URoR 1: Set the Content-Type
URoR stands for ‘Unicode Ruby on Rails’ which is going to be a series on using Unicode with Rails. In this first article I’ll show you how to set the Content-Type header so that the browser knows what you’re sending. (second article)
Set it in an after filter
On the web, the One And Only Sensible Encoding for Unicode is UTF-8, so that’s what we’re going to use. First, make sure your editor is set to save all files encoded as UTF-8. Then create a new Rails application and generate a controller called ‘static’ with an ‘index’ action so that we have something to test with.
$ rails uror
$ cd uror/
$ ./script/generate controller static index
Now add the following to app/views/static/index.rhtml (just copy it from this page and paste it into your editor):
<p>Iñtërnâtiônàlizætiøn</p>
Run the Rails application with ./script/server and go to /static/index where you should get something garbled that looks like this:
Iñtërnâtiônà lizætiøn
The problem is that you haven’t told the browser that you’re using UTF-8. Fix this by changing app/controllers/application.rb to:
class ApplicationController < ActionController::Base
after_filter :set_encoding
protected
def set_encoding
headers['Content-Type'] ||= 'text/html'
if headers['Content-Type'].starts_with?('text/') and !headers['Content-Type'].include?('charset=')
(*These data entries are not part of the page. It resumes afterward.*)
// What is printed.
ghost use Rattle.std.specs.Prelude.{◌≡◌, ◌++◌, IfOk, OnOk};
ghost use Rattle.kc_text.specs.Compose.{texts};
ghost use Rattle.kc_slab_page.specs.Caches.{caches_view};
ghost use Rattle.kc_slabs.specs.Looking.{seen_view, told_view};
ghost use Rattle.kc_slabs.specs.Text.{are_sound, broken_ring_text, byte_text, caches_text, count_text, cpu_text, expected_text, fault_text, frames_line, guard_code, name_in, objects_line, own_free_text, own_sound, own_text, owned_text, ring_text, rule_text, seen_text, slab_text, slabs_line, spoiled_text, told_text, totals_lines};

use crate::looking::{CpusSeen, SlabsSeen};
use kc_found::Found;
use kc_guard::{GuardRule, Spoiled};
use kc_report::{push_places, rule_code};
use kc_slab_page::{SlabCaches, SlabFault};
use kc_slab_scan::{BrokenCpu, BrokenSlab, CpuScan, Totals};
use kc_text::{push, push_hex, push_name_or_dash, push_numbered};
use kc_word::NoMemory;
use std::alloc::Global;

// The number that a rule asks for, where it names one.
fn push_expected(text: &mut Vec<u8>, expected: Option<u64>) -> Result<(), NoMemory>
    ensures { OnOk result (text.new.items ≡ text.old.items ++ expected_text expected) }
{
    let Some(number) = expected else {
        return Ok(());
    };
    push(text, b" expected ")?;
    push_hex(text, number)
}

// The rule that is broken, and the words that show it.
fn push_rule(text: &mut Vec<u8>, found: &Found) -> Result<(), NoMemory>
    ensures { OnOk result (text.new.items ≡ text.old.items ++ rule_text found.now) }
{
    push(text, rule_code(found.rule))?;
    push(text, b" at ")?;
    push_hex(text, found.at)?;
    push_expected(text, found.expected)?;
    push(text, b"\n")?;
    push_places(text, found.places.as_slice())
}

// The letters of a rule of the bytes that slub_debug keeps.
pub(crate) fn guard_code(rule: GuardRule) -> &'static [u8]
    ensures { result.now ≡ guard_code rule }
{
    match rule {
        GuardRule::Z1 => b"Z1",
        GuardRule::Z2 => b"Z2",
        GuardRule::Z3 => b"Z3",
        GuardRule::Z4 => b"Z4",
    }
}

// A byte that isn't as slub_debug keeps it.
fn push_byte(text: &mut Vec<u8>, spoiled: &Spoiled) -> Result<(), NoMemory>
    ensures { OnOk result (text.new.items ≡ text.old.items ++ byte_text spoiled.now) }
{
    push(text, guard_code(spoiled.rule))?;
    push(text, b" at ")?;
    push_hex(text, spoiled.at)?;
    push(text, b" expected ")?;
    push_hex(text, u64::from(spoiled.expected))
}

// The same with its object, and the word where it stands.
fn push_spoiled(text: &mut Vec<u8>, spoiled: &Spoiled) -> Result<(), NoMemory>
    ensures { OnOk result (text.new.items ≡ text.old.items ++ spoiled_text spoiled.now) }
{
    push_byte(text, spoiled)?;
    push(text, b" object ")?;
    push_hex(text, spoiled.object)?;
    push(text, b"\n")?;
    push_places(text, &[spoiled.place])
}

// What a slab breaks.
fn push_fault(text: &mut Vec<u8>, fault: &SlabFault) -> Result<(), NoMemory>
    ensures { OnOk result (text.new.items ≡ text.old.items ++ fault_text fault.now) }
{
    match fault {
        SlabFault::Words(found) => push_rule(text, found),
        SlabFault::Bytes(spoiled) => push_spoiled(text, spoiled),
    }
}

// The name of a cache, by its address.
pub(crate) fn name_in(caches: &SlabCaches, cache: u64) -> &[u8]
    ensures { result.now ≡ name_in (caches_view caches.now) cache }
{
    match caches.caches.get(&cache) {
        Some(seen) => seen.name.as_slice(),
        None => b"",
    }
}

// The lines of a slab that breaks a rule.
fn push_slab(text: &mut Vec<u8>, caches: &SlabCaches, broken: &BrokenSlab) -> Result<(), NoMemory>
    ensures { OnOk result (text.new.items ≡ text.old.items ++ slab_text (caches_view caches.now) broken.now) }
{
    push(text, b"slab ")?;
    push_hex(text, broken.slab)?;
    push(text, b" cache ")?;
    push_hex(text, broken.cache)?;
    push(text, b" ")?;
    push_name_or_dash(text, name_in(caches, broken.cache))?;
    push(text, b" broken ")?;
    push_fault(text, &broken.found)
}

fn push_broken(
    text: &mut Vec<u8>,
    caches: &SlabCaches,
    broken: &[BrokenSlab],
) -> Result<(), NoMemory>
    ensures { OnOk result (text.new.items ≡ text.old.items ++ texts (slab_text (caches_view caches.now)) broken.now) }
{
    for slab in broken {
        push_slab(text, caches, slab)?;
    }
    Ok(())
}

// The lines of a processor's slab that breaks a rule.
fn push_cpu(text: &mut Vec<u8>, caches: &SlabCaches, broken: &BrokenCpu) -> Result<(), NoMemory>
    ensures { OnOk result (text.new.items ≡ text.old.items ++ cpu_text (caches_view caches.now) broken.now) }
{
    push_numbered(text, b"processor ", broken.cpu)?;
    push(text, b" slab ")?;
    push_hex(text, broken.slab)?;
    push(text, b" cache ")?;
    push_hex(text, broken.cache)?;
    push(text, b" ")?;
    push_name_or_dash(text, name_in(caches, broken.cache))?;
    push(text, b" broken ")?;
    push_rule(text, &broken.found)
}

fn push_cpus(text: &mut Vec<u8>, caches: &SlabCaches, broken: &[BrokenCpu]) -> Result<(), NoMemory>
    ensures { OnOk result (text.new.items ≡ text.old.items ++ texts (cpu_text (caches_view caches.now)) broken.now) }
{
    for cpu in broken {
        push_cpu(text, caches, cpu)?;
    }
    Ok(())
}

// How many processors there may be, and how many slabs they own.
fn push_count(text: &mut Vec<u8>, count: u64, scan: &CpuScan) -> Result<(), NoMemory>
    ensures { OnOk result (text.new.items ≡ text.old.items ++ count_text count scan.now) }
{
    push_numbered(text, b"processors ", count)?;
    push_numbered(text, b" slabs ", scan.slabs)?;
    push_numbered(text, b" unread ", scan.unread)
}

// How many of these break a rule, and how many objects are free in the others.
fn push_own_free(text: &mut Vec<u8>, broken: u64, free: u64) -> Result<(), NoMemory>
    ensures { OnOk result (text.new.items ≡ text.old.items ++ own_free_text broken free) }
{
    push_numbered(text, b" broken ", broken)?;
    push_numbered(text, b" free ", free)?;
    push(text, b"\n")
}

// What processors have.
fn push_own(text: &mut Vec<u8>, caches: &SlabCaches, seen: &CpusSeen) -> Result<(), NoMemory>
    ensures { OnOk result (text.new.items ≡ text.old.items ++ own_text (caches_view caches.now) seen.now) }
{
    push_cpus(text, caches, seen.scan.broken.as_slice())?;
    push_count(text, seen.count, &seen.scan)?;
    push_own_free(text, seen.scan.broken.len() as u64, seen.scan.free)
}

// The same, or why it can't be told.
fn push_owned(
    text: &mut Vec<u8>,
    caches: &SlabCaches,
    cpus: &Option<Result<CpusSeen, Found>>,
) -> Result<(), NoMemory>
    ensures { OnOk result (text.new.items ≡ text.old.items ++ owned_text (caches_view caches.now) cpus.now) }
{
    match cpus {
        None => Ok(()),
        Some(Ok(seen)) => push_own(text, caches, seen),
        Some(Err(found)) => {
            push(text, b"processors unknown ")?;
            push_rule(text, found)
        }
    }
}

// The count of frames.
fn push_frames(text: &mut Vec<u8>, totals: &Totals) -> Result<(), NoMemory>
    ensures { OnOk result (text.new.items ≡ text.old.items ++ frames_line totals.now) }
{
    push_numbered(text, b"frames ", totals.frames)?;
    push_numbered(text, b" absent ", totals.absent)?;
    push_numbered(text, b" unmarked ", totals.unmarked)?;
    push_numbered(text, b" kfence ", totals.fenced)?;
    push(text, b"\n")
}

// That of slabs.
fn push_slabs(text: &mut Vec<u8>, totals: &Totals, broken: u64) -> Result<(), NoMemory>
    ensures { OnOk result (text.new.items ≡ text.old.items ++ slabs_line totals.now broken) }
{
    push_numbered(text, b"slabs ", totals.slabs)?;
    push_numbered(text, b" frozen ", totals.frozen)?;
    push_numbered(text, b" untold ", totals.untold)?;
    push_numbered(text, b" guarded ", totals.guarded)?;
    push_numbered(text, b" broken ", broken)?;
    push(text, b"\n")
}

// That of objects.
fn push_objects(text: &mut Vec<u8>, totals: &Totals) -> Result<(), NoMemory>
    ensures { OnOk result (text.new.items ≡ text.old.items ++ objects_line totals.now) }
{
    push_numbered(text, b"objects ", totals.objects)?;
    push_numbered(text, b" free ", totals.free)?;
    push(text, b"\n")
}

// The counts of frames, slabs and objects.
fn push_totals(text: &mut Vec<u8>, totals: &Totals, broken: u64) -> Result<(), NoMemory>
    ensures { OnOk result (text.new.items ≡ text.old.items ++ totals_lines totals.now broken) }
{
    push_frames(text, totals)?;
    push_slabs(text, totals, broken)?;
    push_objects(text, totals)
}

// What a ring of all caches that is broken breaks.
fn push_broken_ring(text: &mut Vec<u8>, found: &Found) -> Result<(), NoMemory>
    ensures { OnOk result (text.new.items ≡ text.old.items ++ broken_ring_text found.now) }
{
    push(text, b"caches broken ")?;
    push_rule(text, found)
}

// What the ring of all caches breaks.
fn push_ring(text: &mut Vec<u8>, broken: &Option<Found>) -> Result<(), NoMemory>
    ensures { OnOk result (text.new.items ≡ text.old.items ++ ring_text broken.now) }
{
    match broken {
        None => Ok(()),
        Some(found) => push_broken_ring(text, found),
    }
}

// The same, and how many caches there are.
fn push_caches(text: &mut Vec<u8>, caches: &SlabCaches) -> Result<(), NoMemory>
    ensures { OnOk result (text.new.items ≡ text.old.items ++ caches_text (caches_view caches.now)) }
{
    push_ring(text, &caches.broken)?;
    push_numbered(text, b"caches ", caches.caches.len() as u64)?;
    push(text, b"\n")
}

// The lines of what was seen.
fn push_seen(text: &mut Vec<u8>, seen: &SlabsSeen) -> Result<(), NoMemory>
    ensures { OnOk result (text.new.items ≡ text.old.items ++ seen_text (seen_view seen.now)) }
{
    push_broken(text, &seen.caches, seen.scan.broken.as_slice())?;
    push_owned(text, &seen.caches, &seen.cpus)?;
    push_caches(text, &seen.caches)?;
    push_totals(text, &seen.scan.totals, seen.scan.broken.len() as u64)
}

/// The text of what was seen of a dump's slabs, or of why its caches can't be told: the slabs that break a rule, and the counts.
pub(crate) fn told_text(alloc: Global, seen: &Result<SlabsSeen, Found>) -> Result<Vec<u8>, NoMemory>
    ensures { IfOk result (λ text. text.items ≡ told_text (told_view seen.now)) }
{
    let mut text = Vec::new(alloc);
    match seen {
        Ok(seen) => push_seen(&mut text, seen)?,
        Err(found) => {
            push(&mut text, b"caches unknown ")?;
            push_rule(&mut text, found)?;
        }
    }
    Ok(text)
}

// No processor's slab breaks a rule.
fn own_sound(cpus: &Option<Result<CpusSeen, Found>>) -> bool
    ensures { result ≡ own_sound cpus.now }
{
    match cpus {
        None => true,
        Some(Ok(seen)) => seen.scan.broken.len() == 0,
        Some(Err(_)) => false,
    }
}

/// Whether a dump's slabs are sound: at least one cache was looked at, their ring is whole, and no slab breaks a rule or is left out.
pub(crate) fn are_sound(seen: &Result<SlabsSeen, Found>) -> bool
    ensures { result ≡ are_sound (told_view seen.now) }
{
    match seen {
        Ok(seen) => {
            seen.scan.broken.len() == 0
                && seen.scan.totals.untold == 0
                && seen.caches.caches.len() != 0
                && own_sound(&seen.cpus)
                && seen.caches.broken.is_none()
        }
        Err(_) => false,
    }
}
headers['Content-Type'] += '; charset=utf-8'
end
end
end
The set_encoding after filter does two things:
- It sets the
Content-Typeheader totext/html, but only if noContent-Typeheader has yet been set. This is exactly what Rails would have done anyway, but we’re doing it here so that… - It adds
charset=utf-8to everyContent-Typeheader for a text type when nocharsethas yet been set.
If you now reload the page the problem is fixed because the browser is no longer receiving a:
Content-Type: text/html
header, but:
Content-Type: text/html; charset=utf-8
Also set it in your Lighttpd or Apache configuration
It’s a good idea to set the UTF-8 encoding in your web server configuration too. For Apache add the following in public/.htaccess or your main configuration:
AddDefaultCharset utf-8
For Lighttpd, change mimetype.assign in config/lighttpd.conf to:
mimetype.assign = (
".css" => "text/css; charset=utf-8",
".gif" => "image/gif",
".htm" => "text/html; charset=utf-8",
".html" => "text/html; charset=utf-8",
".jpeg" => "image/jpeg",
".jpg" => "image/jpeg",
".js" => "text/javascript; charset=utf-8",
".png" => "image/png",
".swf" => "application/x-shockwave-flash",
".txt" => "text/plain; charset=utf-8"
)
Now all static stuff like 404.html and cached pages are also sent with the correct encoding in the Content-type header.
Even add it to the head
If you want make it easy for people to save your pages to disk and open them with the correct encoding later on, you might want to add the following inside the head element of your html pages:
<meta http-equiv="Content-Type" content="text/html; charset=utf-8" />
Always do this last as it may mask any trouble you might be having with the http headers.
The upcoming 1.2 release of Rails will add utf-8 as the default charset for all renders, so you’ll no longer need the after filter.